# DIRECTIONS
Scan the entries that follow and work out how many lines contain "later". Give the number and nothing else.

Saved data entries:
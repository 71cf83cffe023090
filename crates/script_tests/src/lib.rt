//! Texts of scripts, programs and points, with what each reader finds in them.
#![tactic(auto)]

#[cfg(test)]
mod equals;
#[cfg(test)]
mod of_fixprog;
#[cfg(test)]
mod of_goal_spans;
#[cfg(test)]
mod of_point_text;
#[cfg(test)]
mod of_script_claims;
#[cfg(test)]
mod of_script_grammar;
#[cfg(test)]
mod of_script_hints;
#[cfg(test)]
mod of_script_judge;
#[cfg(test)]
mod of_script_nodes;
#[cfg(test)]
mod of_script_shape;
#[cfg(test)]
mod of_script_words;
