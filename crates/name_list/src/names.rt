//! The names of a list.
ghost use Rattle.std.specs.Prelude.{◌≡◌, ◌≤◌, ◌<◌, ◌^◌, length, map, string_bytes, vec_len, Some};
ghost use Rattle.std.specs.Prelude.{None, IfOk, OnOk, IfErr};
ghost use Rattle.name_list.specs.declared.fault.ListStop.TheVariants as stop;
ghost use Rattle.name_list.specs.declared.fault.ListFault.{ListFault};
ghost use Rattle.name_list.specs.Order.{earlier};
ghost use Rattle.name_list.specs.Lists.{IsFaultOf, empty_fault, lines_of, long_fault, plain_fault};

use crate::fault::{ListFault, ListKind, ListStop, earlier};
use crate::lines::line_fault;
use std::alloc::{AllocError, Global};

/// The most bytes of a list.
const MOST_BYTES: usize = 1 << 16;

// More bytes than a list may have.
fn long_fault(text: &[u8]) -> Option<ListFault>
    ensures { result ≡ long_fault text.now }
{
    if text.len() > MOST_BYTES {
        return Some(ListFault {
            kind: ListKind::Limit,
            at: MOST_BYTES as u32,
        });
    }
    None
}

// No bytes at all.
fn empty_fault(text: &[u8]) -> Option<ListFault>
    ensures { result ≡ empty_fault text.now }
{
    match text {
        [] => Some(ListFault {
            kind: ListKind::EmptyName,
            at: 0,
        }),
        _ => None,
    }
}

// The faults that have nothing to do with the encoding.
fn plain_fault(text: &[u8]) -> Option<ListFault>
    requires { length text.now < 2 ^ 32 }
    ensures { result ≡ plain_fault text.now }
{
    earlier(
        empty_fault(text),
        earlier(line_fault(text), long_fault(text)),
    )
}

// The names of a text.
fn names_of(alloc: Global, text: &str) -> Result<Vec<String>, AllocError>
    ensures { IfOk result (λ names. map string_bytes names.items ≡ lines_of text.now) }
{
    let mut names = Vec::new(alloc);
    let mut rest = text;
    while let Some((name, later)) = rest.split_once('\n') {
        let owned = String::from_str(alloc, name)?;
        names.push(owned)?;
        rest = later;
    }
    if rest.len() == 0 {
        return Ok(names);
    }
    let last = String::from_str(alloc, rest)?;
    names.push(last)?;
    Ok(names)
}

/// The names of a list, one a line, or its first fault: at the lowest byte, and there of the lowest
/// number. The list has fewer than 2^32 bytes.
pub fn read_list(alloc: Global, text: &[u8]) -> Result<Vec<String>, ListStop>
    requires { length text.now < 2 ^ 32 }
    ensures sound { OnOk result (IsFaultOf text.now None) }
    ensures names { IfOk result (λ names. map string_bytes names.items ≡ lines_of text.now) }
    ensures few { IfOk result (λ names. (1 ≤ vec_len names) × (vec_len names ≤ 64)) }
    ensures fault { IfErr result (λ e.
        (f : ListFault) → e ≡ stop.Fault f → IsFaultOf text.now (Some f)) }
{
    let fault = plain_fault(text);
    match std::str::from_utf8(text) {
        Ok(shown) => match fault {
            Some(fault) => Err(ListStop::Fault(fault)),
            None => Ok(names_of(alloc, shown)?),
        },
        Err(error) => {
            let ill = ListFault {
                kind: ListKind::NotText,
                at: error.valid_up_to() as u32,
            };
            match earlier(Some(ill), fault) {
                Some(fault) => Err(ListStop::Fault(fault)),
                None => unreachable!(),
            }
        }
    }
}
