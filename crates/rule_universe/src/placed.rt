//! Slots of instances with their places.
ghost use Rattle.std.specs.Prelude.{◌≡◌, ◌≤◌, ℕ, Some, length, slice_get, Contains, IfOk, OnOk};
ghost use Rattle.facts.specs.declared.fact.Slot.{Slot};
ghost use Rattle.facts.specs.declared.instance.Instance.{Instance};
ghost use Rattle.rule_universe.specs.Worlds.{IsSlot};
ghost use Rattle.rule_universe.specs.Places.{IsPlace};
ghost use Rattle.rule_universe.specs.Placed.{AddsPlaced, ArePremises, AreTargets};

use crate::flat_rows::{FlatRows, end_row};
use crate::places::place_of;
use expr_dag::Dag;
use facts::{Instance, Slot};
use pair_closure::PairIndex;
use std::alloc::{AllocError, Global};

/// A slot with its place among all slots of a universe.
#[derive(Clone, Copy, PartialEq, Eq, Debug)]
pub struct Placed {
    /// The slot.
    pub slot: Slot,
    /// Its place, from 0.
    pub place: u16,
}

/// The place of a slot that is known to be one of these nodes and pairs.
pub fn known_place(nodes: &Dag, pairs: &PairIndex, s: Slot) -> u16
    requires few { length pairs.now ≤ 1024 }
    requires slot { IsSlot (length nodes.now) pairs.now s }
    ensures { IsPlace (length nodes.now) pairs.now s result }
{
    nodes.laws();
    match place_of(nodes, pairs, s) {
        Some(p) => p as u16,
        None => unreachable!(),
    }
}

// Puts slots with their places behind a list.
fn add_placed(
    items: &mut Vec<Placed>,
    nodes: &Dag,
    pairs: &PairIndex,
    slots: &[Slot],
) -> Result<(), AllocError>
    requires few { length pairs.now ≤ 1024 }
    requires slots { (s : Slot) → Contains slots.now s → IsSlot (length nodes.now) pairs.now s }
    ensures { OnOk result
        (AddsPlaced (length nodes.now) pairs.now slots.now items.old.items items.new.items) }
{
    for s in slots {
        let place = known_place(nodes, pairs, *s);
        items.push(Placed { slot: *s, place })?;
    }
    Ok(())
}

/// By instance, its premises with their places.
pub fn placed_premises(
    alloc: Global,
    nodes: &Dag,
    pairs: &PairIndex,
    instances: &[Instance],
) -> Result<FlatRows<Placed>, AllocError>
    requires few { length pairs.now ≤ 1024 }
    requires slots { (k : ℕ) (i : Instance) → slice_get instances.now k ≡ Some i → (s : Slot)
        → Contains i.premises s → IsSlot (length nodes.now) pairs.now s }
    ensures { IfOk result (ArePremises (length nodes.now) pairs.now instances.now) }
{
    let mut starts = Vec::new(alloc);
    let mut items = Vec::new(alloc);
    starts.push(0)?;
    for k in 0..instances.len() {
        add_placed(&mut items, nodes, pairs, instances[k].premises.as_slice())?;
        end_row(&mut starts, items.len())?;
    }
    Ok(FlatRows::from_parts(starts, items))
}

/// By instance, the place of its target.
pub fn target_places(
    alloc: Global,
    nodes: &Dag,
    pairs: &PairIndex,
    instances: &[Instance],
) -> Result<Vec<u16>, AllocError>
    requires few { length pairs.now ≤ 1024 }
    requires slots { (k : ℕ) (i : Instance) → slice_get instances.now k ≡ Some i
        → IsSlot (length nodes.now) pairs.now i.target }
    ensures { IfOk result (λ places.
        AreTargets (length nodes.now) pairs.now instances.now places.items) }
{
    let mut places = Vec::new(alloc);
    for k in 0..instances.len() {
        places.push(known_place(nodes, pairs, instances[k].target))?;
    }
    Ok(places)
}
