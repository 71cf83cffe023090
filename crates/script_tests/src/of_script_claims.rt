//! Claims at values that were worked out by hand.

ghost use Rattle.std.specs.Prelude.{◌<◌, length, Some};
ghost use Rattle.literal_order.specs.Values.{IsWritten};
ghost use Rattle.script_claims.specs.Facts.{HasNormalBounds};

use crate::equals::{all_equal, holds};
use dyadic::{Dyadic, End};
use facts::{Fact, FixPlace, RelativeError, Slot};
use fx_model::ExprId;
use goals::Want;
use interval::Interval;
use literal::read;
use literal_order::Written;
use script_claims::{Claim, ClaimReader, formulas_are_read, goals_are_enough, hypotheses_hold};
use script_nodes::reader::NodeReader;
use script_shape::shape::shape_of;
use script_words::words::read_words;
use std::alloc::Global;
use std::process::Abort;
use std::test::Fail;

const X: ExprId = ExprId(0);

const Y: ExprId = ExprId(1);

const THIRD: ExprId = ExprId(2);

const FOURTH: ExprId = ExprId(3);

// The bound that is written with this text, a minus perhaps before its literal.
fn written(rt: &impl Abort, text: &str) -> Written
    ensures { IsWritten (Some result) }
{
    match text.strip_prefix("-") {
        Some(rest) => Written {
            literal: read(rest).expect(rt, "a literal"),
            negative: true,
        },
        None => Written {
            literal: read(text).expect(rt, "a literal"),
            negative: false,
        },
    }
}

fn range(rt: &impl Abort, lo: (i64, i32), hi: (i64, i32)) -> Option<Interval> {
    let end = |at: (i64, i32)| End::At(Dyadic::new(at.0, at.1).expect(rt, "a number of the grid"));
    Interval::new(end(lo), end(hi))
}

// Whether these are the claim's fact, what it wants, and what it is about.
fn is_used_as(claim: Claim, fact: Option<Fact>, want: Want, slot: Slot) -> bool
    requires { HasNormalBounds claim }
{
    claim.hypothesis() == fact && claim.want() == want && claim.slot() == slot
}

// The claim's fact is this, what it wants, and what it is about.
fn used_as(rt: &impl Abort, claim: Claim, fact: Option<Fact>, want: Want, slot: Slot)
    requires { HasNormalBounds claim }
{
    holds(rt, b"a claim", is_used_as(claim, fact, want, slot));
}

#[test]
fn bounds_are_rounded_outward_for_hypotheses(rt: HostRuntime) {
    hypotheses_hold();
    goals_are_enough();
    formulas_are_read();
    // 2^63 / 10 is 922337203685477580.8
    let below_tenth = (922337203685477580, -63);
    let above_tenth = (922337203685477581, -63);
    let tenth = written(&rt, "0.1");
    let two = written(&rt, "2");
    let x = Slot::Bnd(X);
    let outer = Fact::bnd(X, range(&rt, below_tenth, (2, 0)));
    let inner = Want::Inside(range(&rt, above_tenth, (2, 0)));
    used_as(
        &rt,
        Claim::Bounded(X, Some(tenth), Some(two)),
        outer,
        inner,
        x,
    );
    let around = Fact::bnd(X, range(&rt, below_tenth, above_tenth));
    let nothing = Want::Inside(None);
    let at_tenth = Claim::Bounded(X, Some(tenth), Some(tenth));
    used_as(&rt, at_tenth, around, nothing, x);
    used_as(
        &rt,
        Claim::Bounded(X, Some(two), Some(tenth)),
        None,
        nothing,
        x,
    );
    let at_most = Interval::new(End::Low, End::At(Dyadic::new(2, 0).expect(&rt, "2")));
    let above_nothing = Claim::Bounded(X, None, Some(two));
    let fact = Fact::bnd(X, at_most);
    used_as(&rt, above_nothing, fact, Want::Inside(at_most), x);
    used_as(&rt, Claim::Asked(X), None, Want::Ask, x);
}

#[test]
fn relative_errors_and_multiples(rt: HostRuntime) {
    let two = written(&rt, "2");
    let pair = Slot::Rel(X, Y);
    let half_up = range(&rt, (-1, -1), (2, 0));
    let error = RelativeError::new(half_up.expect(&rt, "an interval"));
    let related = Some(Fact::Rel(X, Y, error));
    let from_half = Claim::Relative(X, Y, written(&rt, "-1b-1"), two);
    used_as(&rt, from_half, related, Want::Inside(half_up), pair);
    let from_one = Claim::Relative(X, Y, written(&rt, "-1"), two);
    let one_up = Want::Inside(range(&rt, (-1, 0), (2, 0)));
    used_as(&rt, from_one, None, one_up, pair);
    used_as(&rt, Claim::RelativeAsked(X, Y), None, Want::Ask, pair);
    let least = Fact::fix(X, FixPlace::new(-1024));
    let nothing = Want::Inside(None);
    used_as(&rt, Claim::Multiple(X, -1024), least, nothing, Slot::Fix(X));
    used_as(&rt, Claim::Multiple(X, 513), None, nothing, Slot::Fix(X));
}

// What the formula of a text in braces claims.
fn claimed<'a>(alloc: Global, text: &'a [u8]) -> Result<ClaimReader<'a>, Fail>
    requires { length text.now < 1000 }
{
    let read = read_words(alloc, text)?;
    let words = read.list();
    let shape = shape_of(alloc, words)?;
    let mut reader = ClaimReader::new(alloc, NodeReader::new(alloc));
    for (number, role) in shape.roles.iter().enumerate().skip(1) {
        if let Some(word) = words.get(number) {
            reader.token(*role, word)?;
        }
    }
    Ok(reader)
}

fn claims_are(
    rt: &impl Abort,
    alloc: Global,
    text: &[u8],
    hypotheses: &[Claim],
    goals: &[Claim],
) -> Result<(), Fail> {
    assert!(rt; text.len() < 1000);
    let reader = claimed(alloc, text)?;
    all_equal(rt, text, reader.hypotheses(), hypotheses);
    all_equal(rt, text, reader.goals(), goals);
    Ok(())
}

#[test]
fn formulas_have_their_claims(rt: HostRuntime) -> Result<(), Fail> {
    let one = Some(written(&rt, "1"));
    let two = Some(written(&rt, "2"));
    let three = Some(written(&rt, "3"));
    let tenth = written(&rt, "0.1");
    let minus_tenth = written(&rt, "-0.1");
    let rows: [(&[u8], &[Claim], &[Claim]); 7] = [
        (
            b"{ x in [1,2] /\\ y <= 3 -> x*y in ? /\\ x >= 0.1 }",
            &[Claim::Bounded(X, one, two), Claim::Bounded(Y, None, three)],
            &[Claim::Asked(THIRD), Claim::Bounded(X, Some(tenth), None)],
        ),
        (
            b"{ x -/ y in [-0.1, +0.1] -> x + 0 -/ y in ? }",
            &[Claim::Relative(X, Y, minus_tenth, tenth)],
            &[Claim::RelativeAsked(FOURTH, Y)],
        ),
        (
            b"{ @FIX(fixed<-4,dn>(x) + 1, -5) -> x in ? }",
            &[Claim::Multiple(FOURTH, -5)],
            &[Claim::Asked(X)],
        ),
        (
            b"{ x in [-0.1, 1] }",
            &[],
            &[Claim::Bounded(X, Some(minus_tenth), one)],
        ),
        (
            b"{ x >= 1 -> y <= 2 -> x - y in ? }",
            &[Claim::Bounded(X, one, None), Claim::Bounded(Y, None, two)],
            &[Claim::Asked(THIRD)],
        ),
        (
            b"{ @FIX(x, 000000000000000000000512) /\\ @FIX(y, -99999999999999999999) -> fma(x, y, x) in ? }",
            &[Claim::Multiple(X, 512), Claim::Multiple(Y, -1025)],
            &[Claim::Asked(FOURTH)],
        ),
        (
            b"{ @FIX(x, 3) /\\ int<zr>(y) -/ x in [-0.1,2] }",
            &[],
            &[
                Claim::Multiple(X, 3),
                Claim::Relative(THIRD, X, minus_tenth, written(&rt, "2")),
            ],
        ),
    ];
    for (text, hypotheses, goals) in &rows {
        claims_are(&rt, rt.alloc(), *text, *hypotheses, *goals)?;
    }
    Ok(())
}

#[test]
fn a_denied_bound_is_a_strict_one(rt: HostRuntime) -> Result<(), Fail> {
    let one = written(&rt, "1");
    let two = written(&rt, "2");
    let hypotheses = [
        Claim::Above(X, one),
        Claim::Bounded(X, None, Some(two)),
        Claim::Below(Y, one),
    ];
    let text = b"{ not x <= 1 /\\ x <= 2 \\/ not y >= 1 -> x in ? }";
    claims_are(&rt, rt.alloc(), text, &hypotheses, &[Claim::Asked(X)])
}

# ANSWER FOR THIS EXERCISE
2